[Opening Data in this exercise section]

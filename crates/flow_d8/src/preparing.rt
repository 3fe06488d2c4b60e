//! Computes the flows of a tile's samples from the filled levels of the tile and of the points around it. It leaves open the
//! directions of points inside flats without an adjacent exit.
ghost use Rattle.std.specs.Prelude.{◌≡◌, ◌↔◌, ◌⊎◌, ℕ, ◌+◌, ◌*◌, ◌<◌, ◌≤◌, false, Bool, IsTrue, IfOk, MatchOption, ℤ, pos, negsuc, ◌+ℤ◌, ◌-ℤ◌, ◌≤ℤ◌, length, slice_index_or, if◌then◌else◌};
ghost use Rattle.lattice.specs.Mosaic.{Mosaic, IsMosaic, void};
ghost use Rattle.lattice.specs.Terrain.{Terrain};
ghost use Rattle.lattice.specs.declared.point.Point.{Point};
ghost use Rattle.lattice.specs.declared.direction.Dir.{Dir};
ghost use Rattle.lattice.specs.declared.direction.Dir.TheVariants.{North, East, South, West};
ghost use Rattle.flow_d8.specs.Places.{place_by, IsInner};
ghost use Rattle.water.specs.declared.flow.Flow.TheVariants.{Unknown, Outlet, Flat, Beside};
ghost use Rattle.flow_d8.specs.FlowGrids.{AreKnown, AreTileFlows};
ghost use Rattle.flow_d8.specs.Padded.{IsPaddedTile, padded_point as point_in};
ghost use Rattle.flow_d8.specs.Preparing.{flow_in, IsLocal, IsPlain, IsEnd, IsPlaceFlow, IsSinkPlace, IsDrainedAt, AreDrained, AreSunkFlows, IsEndBeside, IsFirstEndBeside, IsEnded, AreEnded, place_in, leads_over, IsFlowWithout, IsClosedAt, along_of, IsClosedFlow, IsClosing};

use crate::flow_byte::FlowByte;
use crate::local_flow::local_flow_at;
use crate::tiles::place;
use lattice::{Corner, DIRECTIONS, Dir, Point, Side, VOID, point_at};
use std::alloc::{AllocError, Global};
use water::Flow;

/// For each edge of a tile, whether the tile across it is present.
#[derive(Clone, Copy, Debug, PartialEq, Eq)]
pub struct Sides {
    pub north: bool,
    pub east: bool,
    pub south: bool,
    pub west: bool,
}

// The levels of a tile and of two rows and columns around it, and which tiles across its edges are present.
#[derive(Drop)]
struct Padded<'a> {
    side: Side,
    levels: &'a [i16],
    sides: &'a Sides,
    ghost whole: { length levels.now ≡ (side + 4) * (side + 4) },
}

/// The flows of the tile's samples, from four things: the filled levels of the tile, those of two rows and columns around it,
/// its sides, and the declared sinks. A level is void where a point isn't ground. For points inside flats the flows show
/// whether an exit is adjacent, and the first step to one.
pub fn prepare(
    alloc: Global,
    side: Side,
    corner: Corner,
    levels: &[i16],
    sides: &Sides,
    sinks: &[Point],
) -> Result<Vec<FlowByte>, AllocError>
    requires { length levels.now ≡ (side + 4) * (side + 4) }
    ensures whole { IfOk result (λ flows. length flows.items ≡ side * side) }
    ensures known { IfOk result (λ flows. AreKnown flows.items) }
    ensures flows { IfOk result (λ flows. (m : Mosaic) → IsMosaic m → m.side ≡ side
        → IsPaddedTile m corner levels.now sides.now sinks.now
        → AreTileFlows m corner flows.items) }
{
    let tile = Padded {
        side,
        levels,
        sides,
    };
    let mut around = vec![in alloc; FlowByte::of(Flow::Unknown); levels.len()]?;
    tell_around(&tile, corner, sinks, &mut around);
    let mut flows = told_samples(alloc, &tile, &around)?;
    close_sides(&tile, &mut flows);
    Ok(flows)
}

[Closing Data in this exercise section]

**Exercise directions:**
Beginning of the records through the line with "use crate::tiles::place;": return that span exactly and stop there.

**Solution for this problem:**
filename crates/flow_d8/src/preparing.rt
repository 3fe06488d2c4b60e
//! Computes the flows of a tile's samples from the filled levels of the tile and of the points around it. It leaves open the
//! directions of points inside flats without an adjacent exit.
ghost use Rattle.std.specs.Prelude.{◌≡◌, ◌↔◌, ◌⊎◌, ℕ, ◌+◌, ◌*◌, ◌<◌, ◌≤◌, false, Bool, IsTrue, IfOk, MatchOption, ℤ, pos, negsuc, ◌+ℤ◌, ◌-ℤ◌, ◌≤ℤ◌, length, slice_index_or, if◌then◌else◌};
ghost use Rattle.lattice.specs.Mosaic.{Mosaic, IsMosaic, void};
ghost use Rattle.lattice.specs.Terrain.{Terrain};
ghost use Rattle.lattice.specs.declared.point.Point.{Point};
ghost use Rattle.lattice.specs.declared.direction.Dir.{Dir};
ghost use Rattle.lattice.specs.declared.direction.Dir.TheVariants.{North, East, South, West};
ghost use Rattle.flow_d8.specs.Places.{place_by, IsInner};
ghost use Rattle.water.specs.declared.flow.Flow.TheVariants.{Unknown, Outlet, Flat, Beside};
ghost use Rattle.flow_d8.specs.FlowGrids.{AreKnown, AreTileFlows};
ghost use Rattle.flow_d8.specs.Padded.{IsPaddedTile, padded_point as point_in};
ghost use Rattle.flow_d8.specs.Preparing.{flow_in, IsLocal, IsPlain, IsEnd, IsPlaceFlow, IsSinkPlace, IsDrainedAt, AreDrained, AreSunkFlows, IsEndBeside, IsFirstEndBeside, IsEnded, AreEnded, place_in, leads_over, IsFlowWithout, IsClosedAt, along_of, IsClosedFlow, IsClosing};

use crate::flow_byte::FlowByte;
use crate::local_flow::local_flow_at;
use crate::tiles::place;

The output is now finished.